Golden maintained the quiet mien with which she’d been responding to him. He finally dared a glance in her direction. Her eyes were focused out over the water, but he could tell she was trying to envision him as the arrogant young rooster he once was. He acted on the yearning to stop, grasp both her hands in his, and pull that faraway amber stare back to him.
“I had no idea, sweeting, of what Carlos was doing with our secret.”
“I know.”
He let out a steady breath of relief before tugging her along the sand again. “From the beginning, I’d always sensed something from Carlos,” he confessed. “Jealousy. Maybe resentment. Mostly just anger, even on the day we first met. But I never thought, in my wildest imagination—” The shock and hurt crashed through him as if it were the first time he was experiencing them again. “Until that night—ah, that wonderful night when we first made love, hellion, and you shared with me about your parents, and about the flag you saw as they were destroyed with your ship. My flag, I re
alized. The flag of the “fake” pirate I’d created.
“Christ.” He stopped, clenching his fists at his sides. “I couldn’t believe it.
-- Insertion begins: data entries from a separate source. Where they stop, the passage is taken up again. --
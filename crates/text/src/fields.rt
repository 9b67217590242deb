// Going through a line field by field. A place in a line is that of a field's first byte; behind the last field it is the line's length and 1.
ghost use Rattle.std.specs.Prelude.{◌≡◌, ◌+◌, ◌≤◌, ◌<◌, length, MatchOption};
ghost use Rattle.text.specs.Fields.{fields, field_at, field_end, next_u32, next_i32, read_numbers, first_bad, bad_field};

use crate::parts::find;
use crate::read::{read_i32, read_u32};

// The field at `at`, and the place of the next one; nothing behind the last.
fn next_field(line: &[u8], at: usize) -> Option<(&[u8], usize)>
    ensures { MatchOption result (length line.now < at)
        (λ f. (at ≤ length line.now) × (f.0.now ≡ field_at line.now at) × (f.1 ≡ field_end line.now at + 1)) }
{
    let rest = line.get(at..)?;
    let end = find(rest, b'\t');
    Some((&rest[..end], at + end + 1))
}

// The unsigned number of the field at `at`, and the place of the next field.
pub fn next_u32(line: &[u8], at: usize) -> Option<(u32, usize)>
    ensures { result ≡ next_u32 line.now at }
{
    let (field, next) = next_field(line, at)?;
    Some((read_u32(field)?, next))
}

// The same of a signed number.
pub fn next_i32(line: &[u8], at: usize) -> Option<(i32, usize)>
    ensures { result ≡ next_i32 line.now at }
{
    let (field, next) = next_field(line, at)?;
    Some((read_i32(field)?, next))
}

// The signed numbers that a line of `N` fields is.
pub fn read_numbers<const N: usize>(line: &[u8]) -> Option<[i32; N]>
    ensures { result ≡ read_numbers N (fields line.now) }
{
    let mut numbers = [0; N];
    let mut at = 0;
    for number in &mut numbers {
        (*number, at) = next_i32(line, at)?;
    }
    (at == line.len() + 1).then_some(numbers)
}

// How many fields the line has.
fn field_count(line: &[u8]) -> usize
    ensures { result ≡ length (fields line.now) }
{
    line.iter().filter(|b| **b == b'\t').count() + 1
}

// Which field is the first that is no signed number, counted from 1.
fn first_bad(line: &[u8]) -> usize
    ensures { result ≡ first_bad (fields line.now) }
{
    line.split(|b| *b == b'\t')
        .take_while(|f| read_i32(f).is_some())
        .count()
        + 1
}

// What is wrong with a line that is not `count` signed numbers: which field, counted from 1, or 0 where it has another number of fields or more than 128
// bytes.
pub fn bad_field(line: &[u8], count: usize) -> usize
    ensures { (result ≡ bad_field count line.now) × (result ≤ 130) }
{
    if line.len() > 128 || field_count(line) != count {
        return 0;
    }
    first_bad(line)
}
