// The parts of a text: where one ends, and what of an unfinished one is kept.
ghost use Rattle.std.specs.Prelude.{◌≡◌, ◌+◌, ◌≤◌, length, drop};
ghost use Rattle.std.proofs.lemmas.List.Edits.{sets};
ghost use Rattle.text.specs.Fields.{until, fields, read_numbers};
ghost use Rattle.text.specs.Lines.{first_line, kept_part};

use crate::fields::read_numbers;

// Where the first `stop` of `s` stands; the length of `s`, where there is none.
pub fn find(s: &[u8], stop: u8) -> usize
    ensures { result ≡ until stop s.now }
{
    s.iter().position(|b| *b == stop).unwrap_or(s.len())
}

// Inside the library: where the part that starts at `at` ends: at the next `stop`, or with `s`.
pub fn part_end(s: &[u8], at: usize, stop: u8) -> usize
    requires { at ≤ length s.now }
    ensures { result ≡ at + until stop (drop at s.now) }
{
    at + find(&s[at..], stop)
}

// The signed numbers that the first line of `input` is, of `N` fields.
pub fn first_numbers<const N: usize>(input: &[u8]) -> Option<[i32; N]>
    ensures { result ≡ read_numbers N (fields (first_line input.now)) }
{
    let end = find(input, b'\n');
    read_numbers(&input[..end])
}

// Inside the library: moves the bytes from `from` up to `end`, at most `most` of them, to the front, and answers how many they are.
pub fn keep(buf: &mut [u8], from: usize, end: usize, most: usize) -> usize
    requires { (from ≤ end) × (end ≤ length buf.old) }
    ensures { (result ≡ length (kept_part buf.old from end most)) × (buf.new ≡ sets buf.old 0 (kept_part buf.old from end most)) }
{
    let count = (end - from).min(most);
    buf.copy_within(from..from + count, 0);
    count
}
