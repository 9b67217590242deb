// Reading a number that takes up a whole slice.
ghost use Rattle.std.specs.Prelude.{◌≡◌, ◌&&◌, leb};
ghost use Rattle.std.specs.Bool.{then_some};
ghost use Rattle.text.specs.Digits.{is_digit, with_digit};
ghost use Rattle.text.specs.Read.{read_digits, read_u32, read_signed, read_i32};

// `v` with the digit `b` behind it, if `b` is one and the number is at most `most`.
fn lengthen(v: u32, b: u8, most: u32) -> Option<u32>
    ensures { result ≡ then_some (is_digit b && leb (with_digit v b) most) (with_digit v b) }
{
    if !b.is_ascii_digit() {
        return None;
    }
    let longer = v.checked_mul(10)?.checked_add(u32::from(b - b'0'))?;
    (longer <= most).then_some(longer)
}

// The number that `s` is: one to `limit` digits that mean at most `most`.
pub fn read_digits(s: &[u8], limit: usize, most: u32) -> Option<u32>
    ensures { result ≡ read_digits limit most s.now }
{
    if s.is_empty() || s.len() > limit {
        return None;
    }
    let mut v = 0;
    for b in s {
        v = lengthen(v, *b, most)?;
    }
    Some(v)
}

// The `u32` that `s` is: one to ten digits.
pub fn read_u32(s: &[u8]) -> Option<u32>
    ensures { result ≡ read_u32 s.now }
{
    read_digits(s, 10, u32::MAX)
}

// The `i32` that `s` is: one to `limit` digits after an optional minus. The least one is its own digits' negative only in 64 bits.
pub fn read_signed(s: &[u8], limit: usize) -> Option<i32>
    ensures { result ≡ read_signed limit s.now }
{
    if let Some(digits) = s.strip_prefix(b"-") {
        let n = read_digits(digits, limit, 2147483648)?;
        return Some(-(n as i64) as i32);
    }
    let n = read_digits(s, limit, 2147483647)?;
    Some(n as i32)
}

// The `i32` that `s` is: one to ten digits after an optional minus.
pub fn read_i32(s: &[u8]) -> Option<i32>
    ensures { result ≡ read_i32 s.now }
{
    read_signed(s, 10)
}
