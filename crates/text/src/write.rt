// Writing text into a lent buffer, from a place on. Each function answers the next place, and leaves every byte but its own as it was.
ghost use Rattle.std.specs.Prelude.{◌≡◌, ◌+◌, ◌≤◌, leb, length, set};
ghost use Rattle.std.proofs.lemmas.List.Edits.{sets};
ghost use Rattle.text.specs.Words.{bad_line, numbered, counted};
ghost use Rattle.text.specs.Show.{shown, last_digits, shown_signed, number_field, triple};

// Inside the library: whether a buffer of `length` bytes that is filled up to `at` has room for `most` more.
pub fn has_room(length: usize, at: usize, most: usize) -> bool
    ensures { result ≡ leb (at + most) length }
{
    at.checked_add(most).is_some_and(|end| end <= length)
}

// Inside the library: how many digits the text of `v` has.
pub fn digit_count(v: u64) -> usize
    ensures { result ≡ length (shown v) }
{
    v.max(1).ilog10() as usize + 1
}

// The last `count` digits of `v`, from the last on.
fn put_digits(buf: &mut [u8], at: usize, count: usize, v: u64)
    requires { at + count ≤ length buf.old }
    ensures { buf.new ≡ sets buf.old at (last_digits count v) }
{
    let mut rest = v;
    for i in (0..count).rev() {
        buf[at + i] = b'0' + (rest % 10) as u8;
        rest /= 10;
    }
}

// Inside the library: the text of `v`.
pub fn write_u64(buf: &mut [u8], at: usize, v: u64) -> usize
    requires { at + length (shown v) ≤ length buf.old }
    ensures { (result ≡ at + length (shown v)) × (buf.new ≡ sets buf.old at (shown v)) }
{
    let count = digit_count(v);
    put_digits(buf, at, count, v);
    at + count
}

// Inside the library: the same of a number of 32 bits.
pub fn write_u32(buf: &mut [u8], at: usize, v: u32) -> usize
    requires { at + length (shown v) ≤ length buf.old }
    ensures { (result ≡ at + length (shown v)) × (buf.new ≡ sets buf.old at (shown v)) }
{
    write_u64(buf, at, v as u64)
}

// Inside the library: the text of `v`, a minus first where it is negative.
pub fn write_i32(buf: &mut [u8], at: usize, v: i32) -> usize
    requires { at + length (shown_signed v) ≤ length buf.old }
    ensures { (result ≡ at + length (shown_signed v)) × (buf.new ≡ sets buf.old at (shown_signed v)) }
{
    let digits = v.unsigned_abs();
    if v < 0 {
        buf[at] = b'-';
        return write_u32(buf, at + 1, digits);
    }
    write_u32(buf, at, digits)
}

// Inside the library: the bytes of `s`.
pub fn write_bytes(buf: &mut [u8], at: usize, s: &[u8]) -> usize
    requires { at + length s.now ≤ length buf.old }
    ensures { (result ≡ at + length s.now) × (buf.new ≡ sets buf.old at s.now) }
{
    let end = at + s.len();
    buf[at..end].copy_from_slice(s);
    end
}

// The byte `b`.
fn write_byte(buf: &mut [u8], at: usize, b: u8) -> usize
    requires { at + 1 ≤ length buf.old }
    ensures { (result ≡ at + 1) × (buf.new ≡ set buf.old at b) }
{
    buf[at] = b;
    at + 1
}

// Inside the library: the text of `v` and the byte `stop` behind it.
pub fn write_field(buf: &mut [u8], at: usize, v: i32, stop: u8) -> usize
    requires { at + length (number_field v stop) ≤ length buf.old }
    ensures { (result ≡ at + length (number_field v stop)) × (buf.new ≡ sets buf.old at (number_field v stop)) }
{
    let end = write_i32(buf, at, v);
    write_byte(buf, end, stop)
}

// Inside the library: `a`, `b` and `c`, parted by tabs, and the byte `stop` behind them. With LF it is a row of a list.
pub fn write_triple(buf: &mut [u8], at: usize, a: i32, b: i32, c: i32, stop: u8) -> usize
    requires { at + length (triple a b c stop) ≤ length buf.old }
    ensures { (result ≡ at + length (triple a b c stop)) × (buf.new ≡ sets buf.old at (triple a b c stop)) }
{
    let second = write_field(buf, at, a, b'\t');
    let third = write_field(buf, second, b, b'\t');
    write_field(buf, third, c, stop)
}

// Inside the library: a number without a sign, and the byte `stop` behind it.
pub fn write_number(buf: &mut [u8], at: usize, n: u64, stop: u8) -> usize
    requires { at + length (numbered n stop) ≤ length buf.old }
    ensures { (result ≡ at + length (numbered n stop)) × (buf.new ≡ sets buf.old at (numbered n stop)) }
{
    let end = write_u64(buf, at, n);
    write_byte(buf, end, stop)
}

// Inside the library: a word, and a number behind it, in a line.
pub fn write_counted(buf: &mut [u8], at: usize, word: &[u8], n: u32) -> usize
    requires { at + length (counted word.now n) ≤ length buf.old }
    ensures { (result ≡ at + length (counted word.now n)) × (buf.new ≡ sets buf.old at (counted word.now n)) }
{
    let middle = write_bytes(buf, at, word);
    write_number(buf, middle, n as u64, b'\n')
}

// Inside the library: what is said of a line that says nothing that a program knows.
pub fn write_bad(buf: &mut [u8], at: usize) -> usize
    requires { at + 9 ≤ length buf.old }
    ensures { (result ≡ at + 9) × (buf.new ≡ sets buf.old at bad_line) }
{
    write_bytes(buf, at, b"bad line\n")
}
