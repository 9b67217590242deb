// Decimal numbers in byte slices: read and written.
#![tactic(auto)]

mod fields;
mod parts;
mod read;
mod write;

pub use fields::{bad_field, next_i32, next_u32, read_numbers};
pub use parts::{find, first_numbers, keep, part_end};
pub use read::{read_digits, read_i32, read_signed, read_u32};
pub use write::{
    digit_count, has_room, write_bad, write_bytes, write_counted, write_field, write_i32,
    write_number, write_triple, write_u32, write_u64,
};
The stories Dink and I had laughed off as tavern gossip over the years weren’t stories at all. They were real events, carried out by some real bastard. Bloody saints. What had I done?”
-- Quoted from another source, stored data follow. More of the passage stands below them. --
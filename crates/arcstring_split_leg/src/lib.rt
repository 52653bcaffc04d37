// Legs cut at points. Above the promises of arcstring_along and arcstring_insert, of the same layer: the call takes any leg and lists,
// and says by its contract what it answers and what it leaves in the buffer that it was lent. The work is done in a local list, so
// that a refusal that is found on the way leaves the buffer as it came.
//
//     split      a leg cut at points: how many pieces were written, none where nothing is cut
//
// cut_leg holds what is done to the local list.
#![tactic(auto)]

pub(crate) mod cut_leg;
pub mod split;
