// The legs that a split makes of one leg, cut in place in a local list of their points, two by two.
ghost use Rattle.std.specs.Prelude.{◌≡◌, ◌≤◌, ◌<◌, length};
ghost use Rattle.arcstring_check.specs.Check.{most_floats};
ghost use Rattle.arcstring.specs.Points.{points};
ghost use Rattle.arcstring.specs.Leg.{leg_of};
ghost use Rattle.arcstring_insert.specs.Steps.{for_each};
ghost use Rattle.arcstring_split_leg.specs.Legs.{most_legs};
ghost use Rattle.arcstring_split_leg.specs.SplitLeg.{cuts_leg, cut_leg_at, cut_legs};

use arcstring::inner::vertex::Vertices;
use arcstring::inner::{leg, vertex};
use arcstring_along::inner::along;
use arcstring_check::check::{MOST_FLOATS, Refusal};
use sphericalpoint::SphericalPoint;

// The most legs that the local list holds, two points each.
const MOST_LEGS: usize = 512;

// Whether a point cuts a leg: it is along it, and equal to neither end.
fn cuts_leg(p: SphericalPoint, arc: [[f64; 3]; 2]) -> bool
    ensures { result ≡ cuts_leg p (leg_of arc) }
{
    if sphericalpoint::xyz_eq(leg::start_of(arc), p) {
        return false;
    }
    if sphericalpoint::xyz_eq(p, leg::end_of(arc)) {
        return false;
    }
    along::along_leg(p, arc)
}

// The local list that is worked on: the legs that stand in it are the first `count`.
#[derive(Drop)]
pub(crate) struct Work {
    pub(crate) v: [f64; MOST_FLOATS],
    pub(crate) count: usize,
    ghost fits: { (length v ≡ most_floats) × (count ≤ most_legs) },
}

impl Work {
    ghost use Rattle.arcstring_split_leg.specs.Worked.{standing, worked};

    // Leg k, where the point cuts it, made the leg up to the point; after it the second half, which is point, point.
    fn cut_leg_at(&mut self, k: usize, p: SphericalPoint) -> Result<(), Refusal>
        requires { k < self.old.count }
        ensures { (worked result self.new ≡ cut_leg_at p k (standing self.old)) × (self.old.count ≤ self.new.count) }
    {
        let m = self.count;
        if !cuts_leg(p, leg::leg_between(&self.v, 2 * k, 2 * k + 1)) {
            return Ok(());
        }
        if m == MOST_LEGS {
            return Err(Refusal::TooManyPoints);
        }
        vertex::put_vertex(&mut self.v, 2 * k + 1, p);
        arcstring_insert::inner::insert_vertex(&mut self.v, 2 * m, 2 * k + 2, p);
        arcstring_insert::inner::insert_vertex(&mut self.v, 2 * m + 1, 2 * k + 2, p);
        self.count = m + 1;
        Ok(())
    }

    // One point, at each of the places that there are before it.
    fn cut_legs(&mut self, p: SphericalPoint) -> Result<(), Refusal>
        ensures { worked result self.new ≡ cut_legs p (standing self.old) }
    {
        for k in 0..self.count {
            self.cut_leg_at(k, p)?;
        }
        Ok(())
    }

    // Each of the points in turn.
    pub(crate) fn cut_at_points(&mut self, extra: Vertices) -> Result<(), Refusal>
        ensures { worked result self.new ≡ for_each cut_legs (points extra.entry.v.now) (standing self.old) }
    {
        for i in 0..extra.n {
            self.cut_legs(extra.at(i))?;
        }
        Ok(())
    }
}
Only Golden’s fingers, biting into his arms as she circled in front of him, brought his head up. Her eyes flashed gold shards at him. “You’re guilty of nothing but answering the call of your king when he needed your help, and honoring your country and all your countrymen.” She slid her hand beneath his shirt collar to stroke his neck. “That means me, too, you silly oaf.”
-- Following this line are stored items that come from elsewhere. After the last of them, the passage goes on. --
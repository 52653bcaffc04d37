// A leg cut at points, as the source's `split_arc_at_points` cuts it.
ghost use Rattle.std.specs.Prelude.{◌≡◌, length};
ghost use Rattle.arcstring_check.specs.Answer.{leaves, map_answer};
ghost use Rattle.arcstring.specs.Leg.{leg_of};
ghost use Rattle.arcstring_split_leg.specs.SplitLeg.{split_leg, split_answer, leg_floats, piece_count, of_pieces};

use crate::cut_leg::Work;
use arcstring::inner::vertex::Vertices;
use arcstring::inner::{leg, vertex};
use arcstring_check::check::{MOST_FLOATS, Refusal};
use arcstring_check::inner::checks;

// The leg cut at each of the points, as legs one after another, two points each. The second half of a cut is point, point. A
// point equal to an end of a leg does not cut it. Uncut writes nothing. Refuses by 4 of the leg, by 1, 3 and 4 of the points, by
// 3 where a cut makes more than 1,024 points, and by 7.
pub fn split_arc_at_points(
    arc: [[f64; 3]; 2],
    extra: &[f64],
    out: &mut [f64],
) -> Result<Option<usize>, Refusal>
    ensures result_value { split_answer result
        ≡ map_answer piece_count (split_leg (leg_of arc) extra.now (length out.old)) }
    ensures out_after { out.new ≡ leaves
        (map_answer (of_pieces leg_floats) (split_leg (leg_of arc) extra.now (length out.old)))
        out.old }
{
    leg::check_leg(arc)?;
    checks::check_list(extra, Ok(()))?;
    let mut work = Work {
        v: [0.0; MOST_FLOATS],
        count: 1,
    };
    vertex::put_vertex(&mut work.v, 0, leg::start_of(arc));
    vertex::put_vertex(&mut work.v, 1, leg::end_of(arc));
    work.cut_at_points(Vertices::of(extra))?;
    let legs = work.count;
    if legs < 2 {
        return Ok(None);
    }
    checks::check_room(6 * legs, out.len())?;
    vertex::copy_run(&work.v, 0, 2 * legs, out, 0);
    Ok(Some(legs))
}
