//! What a script drives: a fleet, and the master over it if there is one.

ghost use Rattle.std.specs.Prelude.{◌≡◌, ◌≤◌, List, true, false, None, IfOk, IfErr};
ghost use Rattle.versioned_map.specs.declared.command.Reply.{Reply as ReplyValue};
ghost use Rattle.next_master.specs.answers.Errors.{IsHanded};
ghost use Rattle.raw_answers.specs.Texts.{reply_in};
ghost use Rattle.next_master.specs.cluster.Waits.{IsReplyAt};
ghost use Rattle.lines.specs.Grammar.{Begin, Clean, Clients, Recover, IsLine, IsOrder, shown_line};
ghost use Rattle.lines.specs.Grammar.{Format, Needs, Seglets, Will as WillLine};
ghost use Rattle.lines.specs.Numbers.{numbers_of};
ghost use Rattle.next_master.specs.master.master_state.Config.{config_fault};
ghost use Rattle.next_master.specs.Configuration.{config_of, MayBegin};
ghost use Rattle.script.specs.declared.session.LineFault.TheVariants as line_fault;
ghost use Rattle.script.specs.Runs.{IsOfFleet};
ghost use Rattle.script.specs.Sessions.{RunsLine, SessionRecovers};
ghost use Rattle.script.specs.Sessions.{BeginsSession, SessionAnswers, Stands};
ghost use Rattle.next_master.specs.cluster.Told.{command_of};
ghost use Rattle.script.specs.Turns.{RefusesLine};

use backup::MemoryFleet;
use cluster_lines::store_clients::Workload;
use cluster_lines::{Served, serve_clients};
use command_line::Options;
use entry::{NoMemory, Row};
use lines::{Line, Numbers, ReplayOrder};
use next_master::answers::{Answer, Limits, WriteFailed};
use next_master::cluster::{Node, Notes};
use next_master::driving::push_all;
use next_master::master::{Master, Step};
use next_master::recovery::{PlanFault, RecoveryFault};
use next_master::{
    Later, Request, can_begin, configuration, later_options, node_needs, recover_node, whole_will,
};
use std::alloc::Global;
use std::io::Write;
use std::sync::Wait;
use std::thread::Threads;
use tablet_will::Will;

/// Why a line was not run.
#[derive(Clone, Copy)]
pub enum LineFault {
    /// The line names a backup that isn't there.
    NoBackup,
    /// With what the line sets, no master that starts later would be within its limits.
    NoLaterMaster,
    /// Memory ran out before the line began.
    NoMemory,
}

impl From<NoMemory> for LineFault {
    ghost from_gives = { λ _ e. e ≡ line_fault.NoMemory };

    fn from(_fault: NoMemory) -> LineFault {
        LineFault::NoMemory
    }
}

/// The number of the first master.
pub(crate) const FIRST_MASTER: u64 = 1;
Her smile permeated Mast’s senses until he found his lips tilting, too. He shook his head in amazement. “You take my breath away. You take it away until it hurts. And that’s why,” he continued on a hard grunt, “I decided it was time for the Moonstormer to die at last.”
Her hands stilled over his nape. Her head cocked in the curious, kittenish frown that made his heart leap and his cock pulse. “Because of me? I don’t understand.”
He flashed an incredulous frown. “Golden, you beautiful creature of my heart, do you want to know something? In the beginning, in those first stormy days we were together on the Athena, you terrified me. Aye, woman, you did—and how I hated you for it. How I damned you for daring me to feel again. How I vowed you’d never fucking succeed.
“But for some goddamn reason, you never gave up on me. You didn’t stop until every last block of me came crumbling down, and I could do nothing but concede defeat—and my love for you.” He dropped his eyes and turned toward the water. “I just didn’t realize it until we discovered you missing in New Providence.” He bit out a dark laugh. “That was when I realized that terror and I weren’t even remote acquaintances yet. That fear stunned me, Golden. It drove me to my knees in prayer. The thought of losing you—” He swung around again, as if just invoking the nightmare of a possibility might make it come true. “I never, ever want to feel that rot again.”